When you reach the line in the data below that contains "let second = match", please start repeating lines exactly, and stop after the line that contains "match asked_by(office, members, need)", repeating nothing else.

(Saved entries)
══════
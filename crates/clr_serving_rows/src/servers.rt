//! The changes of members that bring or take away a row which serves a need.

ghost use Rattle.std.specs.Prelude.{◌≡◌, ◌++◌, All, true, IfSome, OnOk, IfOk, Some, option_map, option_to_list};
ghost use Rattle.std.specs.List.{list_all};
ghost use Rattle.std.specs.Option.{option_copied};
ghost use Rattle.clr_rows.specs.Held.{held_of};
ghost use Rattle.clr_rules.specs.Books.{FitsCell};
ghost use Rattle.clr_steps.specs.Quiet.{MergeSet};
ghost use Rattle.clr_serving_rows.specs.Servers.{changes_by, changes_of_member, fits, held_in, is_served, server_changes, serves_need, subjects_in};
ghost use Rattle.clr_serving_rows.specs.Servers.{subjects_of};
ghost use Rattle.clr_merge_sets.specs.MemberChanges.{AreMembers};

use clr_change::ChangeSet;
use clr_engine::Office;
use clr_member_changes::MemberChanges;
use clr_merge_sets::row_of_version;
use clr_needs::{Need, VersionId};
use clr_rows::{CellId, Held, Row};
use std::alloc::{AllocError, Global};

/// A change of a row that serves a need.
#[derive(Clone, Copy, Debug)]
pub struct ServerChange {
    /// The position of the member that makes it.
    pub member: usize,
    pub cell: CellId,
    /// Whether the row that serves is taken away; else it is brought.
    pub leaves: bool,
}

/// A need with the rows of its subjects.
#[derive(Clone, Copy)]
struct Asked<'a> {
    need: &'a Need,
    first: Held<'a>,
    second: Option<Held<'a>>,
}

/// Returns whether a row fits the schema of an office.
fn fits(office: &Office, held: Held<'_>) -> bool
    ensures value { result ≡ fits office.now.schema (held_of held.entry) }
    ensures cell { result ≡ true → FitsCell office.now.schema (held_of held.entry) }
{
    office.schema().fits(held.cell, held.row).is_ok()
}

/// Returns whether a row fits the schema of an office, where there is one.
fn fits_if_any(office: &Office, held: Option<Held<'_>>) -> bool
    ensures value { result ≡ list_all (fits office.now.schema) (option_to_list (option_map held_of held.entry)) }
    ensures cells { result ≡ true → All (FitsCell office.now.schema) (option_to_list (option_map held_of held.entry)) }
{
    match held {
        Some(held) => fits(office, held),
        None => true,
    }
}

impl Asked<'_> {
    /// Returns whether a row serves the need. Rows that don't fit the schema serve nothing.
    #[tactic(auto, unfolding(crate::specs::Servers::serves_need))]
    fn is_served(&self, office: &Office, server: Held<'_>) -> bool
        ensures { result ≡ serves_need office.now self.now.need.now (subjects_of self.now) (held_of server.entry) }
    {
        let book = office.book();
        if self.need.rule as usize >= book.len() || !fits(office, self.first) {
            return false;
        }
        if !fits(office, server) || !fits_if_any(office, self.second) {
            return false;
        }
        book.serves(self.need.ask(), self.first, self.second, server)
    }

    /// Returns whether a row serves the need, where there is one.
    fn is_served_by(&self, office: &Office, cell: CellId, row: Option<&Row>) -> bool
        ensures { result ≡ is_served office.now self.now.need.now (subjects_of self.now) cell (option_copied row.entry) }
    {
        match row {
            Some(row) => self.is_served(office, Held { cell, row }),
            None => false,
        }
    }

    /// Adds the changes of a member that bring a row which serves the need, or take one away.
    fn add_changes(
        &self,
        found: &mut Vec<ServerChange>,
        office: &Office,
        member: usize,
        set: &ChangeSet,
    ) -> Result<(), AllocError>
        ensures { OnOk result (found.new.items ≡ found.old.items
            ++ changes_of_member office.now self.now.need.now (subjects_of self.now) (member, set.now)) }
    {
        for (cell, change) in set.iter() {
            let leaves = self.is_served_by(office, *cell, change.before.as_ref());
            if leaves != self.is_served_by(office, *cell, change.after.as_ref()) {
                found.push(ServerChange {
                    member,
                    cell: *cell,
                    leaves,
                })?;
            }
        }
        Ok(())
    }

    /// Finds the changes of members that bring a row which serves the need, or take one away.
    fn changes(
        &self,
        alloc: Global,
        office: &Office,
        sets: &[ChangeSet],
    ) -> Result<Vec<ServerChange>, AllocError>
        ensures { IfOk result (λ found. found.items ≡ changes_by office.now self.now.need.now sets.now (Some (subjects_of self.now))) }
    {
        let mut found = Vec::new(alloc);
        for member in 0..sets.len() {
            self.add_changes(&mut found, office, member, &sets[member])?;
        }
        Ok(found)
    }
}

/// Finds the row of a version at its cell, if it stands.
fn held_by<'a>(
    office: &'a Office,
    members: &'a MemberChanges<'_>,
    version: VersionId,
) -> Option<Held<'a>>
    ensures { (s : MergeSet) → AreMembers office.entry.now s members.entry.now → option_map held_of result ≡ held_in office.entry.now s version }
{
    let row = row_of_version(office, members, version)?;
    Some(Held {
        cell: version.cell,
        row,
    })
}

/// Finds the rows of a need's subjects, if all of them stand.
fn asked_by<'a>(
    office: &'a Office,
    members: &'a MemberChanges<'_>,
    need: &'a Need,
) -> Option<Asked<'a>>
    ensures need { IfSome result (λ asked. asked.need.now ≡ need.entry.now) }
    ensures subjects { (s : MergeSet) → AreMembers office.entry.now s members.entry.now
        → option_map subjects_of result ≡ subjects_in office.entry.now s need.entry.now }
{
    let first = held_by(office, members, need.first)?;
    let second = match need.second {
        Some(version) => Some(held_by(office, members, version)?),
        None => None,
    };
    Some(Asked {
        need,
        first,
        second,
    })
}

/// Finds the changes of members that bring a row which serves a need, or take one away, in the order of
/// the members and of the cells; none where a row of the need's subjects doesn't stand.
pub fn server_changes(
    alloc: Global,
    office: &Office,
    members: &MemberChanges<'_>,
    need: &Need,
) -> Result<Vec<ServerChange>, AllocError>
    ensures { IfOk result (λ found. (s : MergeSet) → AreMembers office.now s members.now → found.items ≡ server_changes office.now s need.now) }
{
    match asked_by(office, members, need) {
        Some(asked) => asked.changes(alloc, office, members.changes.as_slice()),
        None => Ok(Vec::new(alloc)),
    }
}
══════
> Solved exercise
    let second = match need.second {
        Some(version) => Some(held_by(office, members, version)?),
        None => None,
    };
    Some(Asked {
        need,
        first,
        second,
    })
}

/// Finds the changes of members that bring a row which serves a need, or take one away, in the order of
/// the members and of the cells; none where a row of the need's subjects doesn't stand.
pub fn server_changes(
    alloc: Global,
    office: &Office,
    members: &MemberChanges<'_>,
    need: &Need,
) -> Result<Vec<ServerChange>, AllocError>
    ensures { IfOk result (λ found. (s : MergeSet) → AreMembers office.now s members.now → found.items ≡ server_changes office.now s need.now) }
{
    match asked_by(office, members, need) {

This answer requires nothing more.